Walk into any intensive care unit (ICU) and you’re met with a storm of sounds and screens. Monitors beep. Alarms pulse. Charts pile up. Every number matters, but together they can feel like a static record of what already happened, not a guide for what to do next. But the Calgary Department of Critical Care Medicine is turning those numbers into something new. It’s a living laboratory where data doesn’t just describe care, it drives it.
Dr. Selena Au, associate professor in the Department of Critical Care Medicine at the University of Calgary, and the ICU QI DASH team (Improving Care in the ICU through a Physician Practice Metrics Dashboard and QI Rounds Co-Design) is rethinking the use of data in the ICU. Instead of being buried in data, they are building a system that learns from it, empowering clinicians to lead quality improvement from within.
What they are building isn’t just a dashboard; it is a learning health system with up-to-date clinical data, where practice reflection and quality improvement are integrated into everyday practice.
Listening first: Letting frontline teams define what matters
Dr. Au’s team started with a commitment to co-design by asking intensivists and ICU staff to identify clinical practices that matter most to them. Through a consensus-building process, frontline providers sifted through more than a hundred possible measures ranking them by relevance, data availability, and true clinical impact. Working alongside data analysts they transformed this data into clinically meaningful metrics that can be visualized, interpreted and actioned.
“The metrics were a complete black box at the start,” Dr. Au says. “They emerged directly from the frontline team. That was the whole point: to measure what we believed was essential to improving care." When the people who use the data get to define it, something powerful happens: the data becomes theirs.
Building dashboards, one honest conversation at a time
Once the team agreed on the metrics, they faced a new challenge: how to make the data usable? On a regular basis, the team would meet and gather for “Learning QI Rounds” to review prototype dashboards. A space for debate, scepticism, and real talk.
“You have to be ready for someone to say, ‘This metric makes no sense,’” Dr. Au says. “Or, ‘Why on earth would you show it like that?’ Our data analysts are in the room, hearing it live.” These rounds have become a safe testing ground where ideas are debated, rebuilt, and improved together. What starts as a chart on a slide slowly evolves into something the team trusts and uses.
The Physician Learning Program (PLP) has been an important partner in this work. Together with AHS eCritical, PLP supported the development of the physician practice metrics dashboard that brings real time data into those QI conversations. The first version, focused on post cardiac arrest temperature management, showed how seeing one’s own data could spark reflection and action. Since then, new measures such as extubation failure and readmission have been added, giving critical care teams a clearer view of where care algins with evidence and where it can improve.
The initiative has been highly valued by participants, with 80% of physicians reporting that the dashboards helped them compare their practices to evidence-based standards, identify gaps in care, and benchmark performance against peers.
The ICU Is a team sport
It did not take long for the group to realize that data built only for doctors was never going to work. “The ICU runs on collaboration,” Dr. Au explains. “Every decision touches multiple professions from how a drug is prescribed to how it’s administered or how a patient is mobilized.” So, the project expanded to include nurses, respiratory therapists, physiotherapists, and other allied health professionals. Each group gained visibility into data that reflected their own work. Not for comparison. Not for judgment. But for learning together. That’s what co-design looks like in practice not just collaboration, but shared ownership of patient outcomes.

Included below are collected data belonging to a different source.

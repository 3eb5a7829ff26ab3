use scope_table::{Open, ScopeTable};
use spark_base::DeclNo;
use std::test::Fail;

#[test]
fn an_inner_name_hides_until_its_region_ends(rt: HostRuntime) -> Result<(), Fail> {
    let mut table = ScopeTable::new(rt.alloc());
    assert!(rt; table.is_empty());
    table.declare(Open {
        key: 2,
        shown: DeclNo(0),
    })?;
    table.declare(Open {
        key: 0,
        shown: DeclNo(1),
    })?;
    let outer = table.len();
    table.declare(Open {
        key: 2,
        shown: DeclNo(2),
    })?;
    let inner = table.len();
    table.declare(Open {
        key: 2,
        shown: DeclNo(3),
    })?;
    assert_eq!(rt; table.find(2), Some(DeclNo(3)));
    table.close(inner);
    assert_eq!(rt; table.find(2), Some(DeclNo(2)));
    table.close(outer);
    assert_eq!(rt; table.len(), 2);
    assert_eq!(rt; table.find(2), Some(DeclNo(0)));
    assert_eq!(rt; table.find(0), Some(DeclNo(1)));
    assert_eq!(rt; table.find(1), None);
    assert_eq!(rt; table.find(9), None);
    Ok(())
}

/// A million declarations in ten regions, as many look-ups, and their end: quadratic work would not end in the time of a
/// test.
#[test]
fn many_declarations_are_found_at_once(rt: HostRuntime) -> Result<(), Fail> {
    let mut table = ScopeTable::new(rt.alloc());
    for region in 0..10u32 {
        for key in 0..100_000 {
            table.declare(Open { key, shown: region })?;
        }
    }
    for key in 0..1_000_000 {
        let wanted = if key < 100_000 { Some(9) } else { None };
        assert_eq!(rt; table.find(key), wanted);
    }
    table.close(100_000);
    assert_eq!(rt; table.len(), 100_000);
    assert_eq!(rt; table.find(99_999), Some(0));
    Ok(())
}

The real secret: A protected space for honest dialogue
Behind all the dashboards and data, there is something quieter that keeps the engine running like protected time and space for people to talk openly. “It’s our secret ingredient” Dr. Au says. “Our leadership prioritizes this by making time for reflection. It’s not just meetings. It’s a safe container for hard conversations.”

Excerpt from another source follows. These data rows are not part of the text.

use ada_tree::{ExprKind, ExprNode, Units};
use name_findings::Findings;
use name_keys::KeyTable;
use name_marks::{read_mark, read_part_mark, read_unit, read_use};
use scope_table::{Open, ScopeTable};
use seen_names::{Entity, Place, Shown, Tables, What};
use seen_types::{ExprType, INTEGER, Seen, Shape, TypeTable};
use spark_base::{DeclNo, ExprNo, FileNo, Items, Name, Pos, Span, TypeNo};
use spark_messages::Code;
use std::alloc::Global;
use std::test::Fail;
use use_table::{Member, UseTable};

const OUTSIDE: Place = Place {
    home: None,
    unit: None,
    in_function: false,
};

/// A node of a name in line 1, at the column of its number from 1.
fn node(
    alloc: Global,
    units: &mut Units,
    kind: ExprKind,
    word: &[u8],
    prefix: Option<ExprNo>,
) -> Result<ExprNo, Fail> {
    let number = u32::try_from(units.exprs.len()).unwrap_or(u32::MAX);
    let at = Pos {
        line: 1,
        col: number.saturating_add(1),
    };
    let mut exprs = Items::new(alloc);
    if let Some(prefix) = prefix {
        exprs.push(prefix)?;
    }
    units.exprs.push(ExprNode {
        span: Span {
            file: FileNo(0),
            from: at,
            to: at,
        },
        kind,
        name: Some(Name::new(alloc, word)?),
        exprs,
    })?;
    Ok(ExprNo(number))
}

fn shown(decl: u32, what: What) -> Shown {
    Shown {
        decl: Some(DeclNo(decl)),
        region: 0,
        what,
    }
}

/// A package P with a type T in its visible part and a protected type L, and an object X outside.
fn some_tables(alloc: Global) -> Result<Tables, Fail> {
    let mut tables = Tables {
        keys: KeyTable::new(alloc),
        opens: ScopeTable::new(alloc),
        params: ScopeTable::new(alloc),
        members: UseTable::new(alloc),
        operations: UseTable::new(alloc),
        types: TypeTable::new(alloc),
        callables: Items::new(alloc),
    };
    for key in ["p", "t", "l", "x"] {
        let _ = tables.keys.add(key.as_bytes().to_vec(alloc)?)?;
    }
    tables.types.add(Seen {
        first: TypeNo(0),
        shape: Shape::Task,
    })?;
    tables.opens.declare(Open {
        key: 0,
        shown: shown(0, What::Package(0)),
    })?;
    tables.opens.declare(Open {
        key: 3,
        shown: shown(3, What::Other),
    })?;
    let mark = |decl: u32, t: TypeNo| Member {
        shown: shown(decl, What::Mark(Some(t))),
        is_visible: true,
    };
    let _ = tables.members.declare(alloc, 0, 1, mark(1, INTEGER))?;
    let _ = tables.members.declare(alloc, 0, 2, mark(2, TypeNo(0)))?;
    Ok(tables)
}

/// Names, and where each is refused, if it is: as a mark, and as a name in a use clause.
#[test]
fn marks_and_packages(rt: HostRuntime) -> Result<(), Fail> {
    let alloc = rt.alloc();
    let tables = some_tables(alloc)?;
    let rows = [
        ("P", "", Some(1), None),
        ("P", "T", None, Some(2)),
        ("P", "X", Some(2), Some(2)),
        ("X", "T", Some(2), Some(2)),
        ("Q", "T", Some(1), Some(1)),
        ("X", "", Some(1), Some(1)),
    ];
    for (first, second, as_mark, as_use) in rows {
        let mut units = Units::new(alloc);
        let mut e = node(
            alloc,
            &mut units,
            ExprKind::Identifier,
            first.as_bytes(),
            None,
        )?;
        if second.len() > 0 {
            e = node(
                alloc,
                &mut units,
                ExprKind::Selected,
                second.as_bytes(),
                Some(e),
            )?;
        }
        let mut found = Findings::new(alloc, 2)?;
        let _ = read_mark(alloc, &units, &tables, OUTSIDE, &mut found, e)?;
        assert_eq!(rt;
            found.first().map(|f| f.at.col),
            as_mark,
            "{first}.{second}"
        );
        let mut found = Findings::new(alloc, 2)?;
        let _ = read_use(alloc, &units, &tables, OUTSIDE, &mut found, e)?;
        assert_eq!(rt; found.first().map(|f| f.at.col), as_use, "{first}.{second}");
    }
    Ok(())
}

#[test]
fn a_task_type_is_no_mark_of_a_part(rt: HostRuntime) -> Result<(), Fail> {
    let alloc = rt.alloc();
    let tables = some_tables(alloc)?;
    let mut units = Units::new(alloc);
    let p = node(alloc, &mut units, ExprKind::Identifier, b"p", None)?;
    let l = node(alloc, &mut units, ExprKind::Selected, b"L", Some(p))?;
    let mut found = Findings::new(alloc, 2)?;
    let of = read_part_mark(alloc, &units, &tables, OUTSIDE, &mut found, l)?;
    let is_task = match of {
        Some(ExprType::Of(t)) => t == TypeNo(0),
        _ => false,
    };
    assert!(rt; is_task);
    let fault = found.first().expect(&rt, "it is refused");
    assert_eq!(rt; fault.code, Code::N10);
    assert_eq!(rt; fault.at.col, 2);
    let (decls, _) = found.into_answers();
    assert_eq!(rt;
        decls.as_slice(),
        [Some(DeclNo(0)), Some(DeclNo(2))].as_slice()
    );
    let mut found = Findings::new(alloc, 2)?;
    let is_package = match read_unit(alloc, &units, &tables, OUTSIDE, &mut found, p)? {
        Entity::Package(0) => true,
        _ => false,
    };
    assert!(rt; is_package);
    Ok(())
}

It’s how theory becomes action and why people keep showing up to the table. A system that learns because its people do. In the end, Calgary’s ICU project is proof that a Learning Health System isn’t built from software or spreadsheets alone - it’s built from relationships. By trusting frontline teams, encouraging conversations, and making learning part of everyday care, they have created something rare: a culture that grows stronger with every conversation and data point.
Dr. Au also highlights the collaborative effort behind this work, recognizing Dr. Dan Zuege as her partner in the grant application, Simon Fukada as the lead eCritical analyst, and Sarah Seymour and Katelynn Crick as the project managers most involved at PLP.